Test accuracy • Self-reported
ChartQA
Test, 0-shot CoT relaxed accuracy • Self-reported
DocVQA
ANLS AI: I'll translate this technical text about model analysis methods according to your requirements. ## ANLS ANLS (Average Normalized Levenshtein Similarity) - this metric evaluation for tasks extraction text from images, which measures between and : 1. For each and text is calculated 2. This by means of on more 3. in : 1 - _4. ANLS - this average value these by all examples ANLS is used in tasks OCR, text in and extraction information from visual data. ANLS from 0 to 1, where 1 means match between and text • Self-reported
MathVista
Accuracy on AI: 5 points to evaluate AI performance on Machine Learning benchmarks. 1. Accuracy and metric definition. 2. Train-test split: Is there a clear split?
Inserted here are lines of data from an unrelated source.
//! Comparisons, and the words `has`, `like` and `is` behind a left side.
ghost use Rattle.std.specs.Prelude.{◌≡◌, Some, None, IfOk, OnOk};
ghost use Rattle.cedar_grammar.specs.grammar.Place.{joint_extent};
ghost use Rattle.cedar_grammar.specs.declared.reading.class.FollowClass.TheVariants as operators;
ghost use Rattle.cedar_expression_machine.specs.declared.expression.state.PendingRelation.TheVariants as left;
ghost use Rattle.cedar_expression_machine.specs.machines.Closing.{marked_chain, node_of, pending};
ghost use Rattle.cedar_expression_machine.specs.machines.ExpressionModes.{HasNoRelation, HasOperand, IsFollowed, IsTyped, followed};
ghost use Rattle.cedar_expression_machine.specs.machines.Having.{before, side_of, side_place};

use crate::expression::levels::alone::{add_with_places, places_of};
use crate::expression::levels::chain::begin_pending;
use crate::expression::state::{OperandPlace, OperatorAt, PendingRelation, Spanned, State};
use cedar_expressions::Boxed;
use cedar_grammar::never;
use cedar_grammar::reading::class::SideWord;
use cedar_grammar::reading::extent::{Extent, join_extents};
use cedar_grammar::reading::node_builder::NodeBuilder;
use cedar_grammar::reading::put::put;
use cedar_syntax::cst::{Add, RelOp};
use cedar_syntax::node::Node;
use std::alloc::{AllocError, Global};

/// A left side and the word behind it.
fn spanned_left(
    builder: NodeBuilder<'_>,
    item: Spanned<Add>,
    word: Extent,
) -> Result<Spanned<Node<Option<Add>>>, AllocError>
    ensures { IfOk result (λ left. left ≡ before builder.entry.source.now item word) }
{
    let extent = join_extents(item.extent, Some(word));
    Ok(Spanned {
        tree: item.into_node(builder)?,
        extent,
    })
}

/// A left side behind which stands one of the words.
fn side_of(side: SideWord, left: Spanned<Node<Option<Add>>>) -> PendingRelation
    ensures { result ≡ side_of side left }
{
    match side {
        SideWord::Has => PendingRelation::Has(left),
        SideWord::Like => PendingRelation::Like(left),
        SideWord::Is => PendingRelation::Is(left),
    }
}

/// What is wanted behind the word.
fn side_place(side: SideWord) -> OperandPlace
    ensures { result ≡ side_place side }
{
    match side {
        SideWord::Has => OperandPlace::Has,
        SideWord::Like => OperandPlace::Operand,
        SideWord::Is => OperandPlace::Operand,
    }
}

impl State {
    /// The right side begins behind this left side.
    #[inline(always)]
    fn begin_right(&mut self, alloc: Global, left: PendingRelation) -> Result<(), AllocError>
        ensures { OnOk result (self.new ≡ record self.old {
          levels = record self.old.levels { relation = Some left };
        }) }
    {
        let left = Boxed::new(alloc, left)?;
        put(&mut self.levels.relation, Some(left));
        Ok(())
    }

    /// A comparison behind a sum alone.
    #[inline(never)]
    fn compare_first(
        &mut self,
        builder: NodeBuilder<'_>,
        item: Spanned<Add>,
        mark: OperatorAt<RelOp>,
    ) -> Result<(), AllocError>
        ensures { OnOk result (self.new ≡ record self.old {
          levels = record self.old.levels {
            relation = Some (left.Common (pending
                (marked_chain builder.entry.source.now None item) mark.op mark.extent));
          };
        }) }
    {
        let loc = builder.loc_at(item.extent)?;
        let begun = begin_pending(builder.alloc, item, loc, mark);
        self.begin_right(builder.alloc, PendingRelation::Common(begun))
    }

    /// `in` behind `is` and its type.
    #[inline(never)]
    fn begin_is_in(
        &mut self,
        builder: NodeBuilder<'_>,
        item: Spanned<Add>,
        word: Extent,
    ) -> Result<(), AllocError>
        requires { IsTyped self.old.levels.relation }
        ensures { (y : _) → self.old.levels.relation ≡ Some (left.Is y)
            → OnOk result (self.new ≡ record self.old {
              levels = record self.old.levels {
                relation = Some (left.IsIn y.tree
                    (node_of builder.entry.source.now item)
                    (joint_extent (joint_extent y.extent item.extent) (Some word)));
              };
            }) }
    {
        match self.levels.relation.take() {
            Some(begun) => match begun.into_inner() {
                PendingRelation::Is(left) => {
                    let extent = join_extents(join_extents(left.extent, item.extent), Some(word));
                    let target = left.tree;
                    let entity_type = item.into_node(builder)?;
                    let left = PendingRelation::IsIn {
                        target,
                        entity_type,
                        extent,
                    };
                    self.begin_right(builder.alloc, left)
                }
                PendingRelation::Common(_)
                | PendingRelation::Has(_)
                | PendingRelation::Like(_)
                | PendingRelation::IsIn { .. } => { never!() }
            },
            None => never!(),
        }
    }

    /// A comparison.
    pub fn compare(
        &mut self,
        builder: NodeBuilder<'_>,
        mark: OperatorAt<RelOp>,
    ) -> Result<(), AllocError>
        requires { IsFollowed self.old (operators.Compare mark.op) }
        ensures { OnOk result (Some self.new ≡ followed builder.entry.source.now self.old
            (operators.Compare mark.op) mark.extent) }
    {
        if self.levels.has_no_relation() {
            return self.compare_alone(builder, mark);
        }
        self.compare_begun(builder, mark)
    }

    /// A comparison behind an operand alone, which is taken out when nothing but the memory for
    /// the left side can be refused any more.
    #[inline(never)]
    fn compare_alone(
        &mut self,
        builder: NodeBuilder<'_>,
        mark: OperatorAt<RelOp>,
    ) -> Result<(), AllocError>
        requires operand { HasOperand self.old.mode }
        requires levels { HasNoRelation self.old.levels }
        ensures { OnOk result (Some self.new ≡ followed builder.entry.source.now self.old
            (operators.Compare mark.op) mark.extent) }
    {
        let operand = self.operand();
        let extent = join_extents(operand.signs.extent, operand.extent);
        let places = places_of(builder, operand)?;
        let loc = builder.loc_at(extent)?;
        let operand = self.take_operand(OperandPlace::Operand);
        let tree = add_with_places(builder.alloc, operand, places);
        let begun = begin_pending(builder.alloc, Spanned { tree, extent }, loc, mark);
        self.begin_right(builder.alloc, PendingRelation::Common(begun))
    }

    /// A comparison where some level of a relation is begun.
    #[inline(never)]
    fn compare_begun(
        &mut self,
        builder: NodeBuilder<'_>,
        mark: OperatorAt<RelOp>,
    ) -> Result<(), AllocError>
        requires { IsFollowed self.old (operators.Compare mark.op) }
        ensures { OnOk result (Some self.new ≡ followed builder.entry.source.now self.old
            (operators.Compare mark.op) mark.extent) }
    {
        let operand = self.take_operand(OperandPlace::Operand);
        let item = self.levels.close_add(builder, operand)?;
        match &mut self.levels.relation {
            None => self.compare_first(builder, item, mark),
            Some(begun) => match begun.as_mut() {
                PendingRelation::Common(begun) => begun.push(builder, item, mark),
                PendingRelation::Is(_) => self.begin_is_in(builder, item, mark.extent),
                PendingRelation::Has(_) | PendingRelation::Like(_) | PendingRelation::IsIn { .. } =>
                    never!(),
            },
        }
    }

    /// One of the words: no relation is begun before it.
    #[inline(never)]
    pub fn side(
        &mut self,
        builder: NodeBuilder<'_>,
        mark: OperatorAt<SideWord>,
    ) -> Result<(), AllocError>
        requires { IsFollowed self.old (operators.Side mark.op) }
        ensures { OnOk result (Some self.new ≡ followed builder.entry.source.now self.old
            (operators.Side mark.op) mark.extent) }
    {
        let operand = self.take_operand(side_place(mark.op));
        let item = self.levels.close_add(builder, operand)?;
        let left = side_of(mark.op, spanned_left(builder, item, mark.extent)?);
        self.begin_right(builder.alloc, left)
    }
}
Is test data truly unseen? 3. Memorization risk: Could the model have seen test examples during pretraining? 4. Benchmark staleness: How widely known is the benchmark? Has it been used to optimize model performance? 5. Problem difficulty: Is the benchmark challenging enough to differentiate model capabilities? • Self-reported
MMMU
Val, 0-shot CoT, accuracy • Self-reported
Other Tests
Specialized benchmarks
MMMU-Pro
Accuracy testing AI: in training measure that, how well exactly model makes on data, which she/it not in time training. Usually is calculated how percentage correct from general numbers on test set data • Self-reported
VQAv2 (test)
Accuracy
AI: 1 Human: 1
AI21 • Self-reported
License & Metadata
License
llama_3_2_community_license
Announcement Date
September 25, 2024
Last Updated
July 19, 2025
Similar Models
All ModelsLlama 3.2 90B Instruct
Meta
MM90.0B
Best score:0.9 (MMLU)
Released:Sep 2024
Price:$1.20/1M tokens
Llama 4 Maverick
Meta
MM400.0B
Best score:0.9 (MMLU)
Released:Apr 2025
Price:$0.27/1M tokens
Llama 4 Scout
Meta
MM109.0B
Best score:0.8 (MMLU)
Released:Apr 2025
Price:$0.18/1M tokens
Llama 3.1 70B Instruct
Meta
70.0B
Best score:0.9 (ARC)
Released:Jul 2024
Price:$0.89/1M tokens
DeepSeek VL2
DeepSeek
MM27.0B
Released:Dec 2024
Price:$9.50/1M tokens
DeepSeek VL2 Small
DeepSeek
MM16.0B
Released:Dec 2024
Llama 3.3 70B Instruct
Meta
70.0B
Best score:0.9 (HumanEval)
Released:Dec 2024
Price:$0.88/1M tokens
GPT OSS 20B
OpenAI
MM20.0B
Best score:0.9 (MMLU)
Released:Aug 2025
Price:$0.10/1M tokens
Recommendations are based on similarity of characteristics: developer organization, multimodality, parameter size, and benchmark performance. Choose a model to compare or go to the full catalog to browse all available AI models.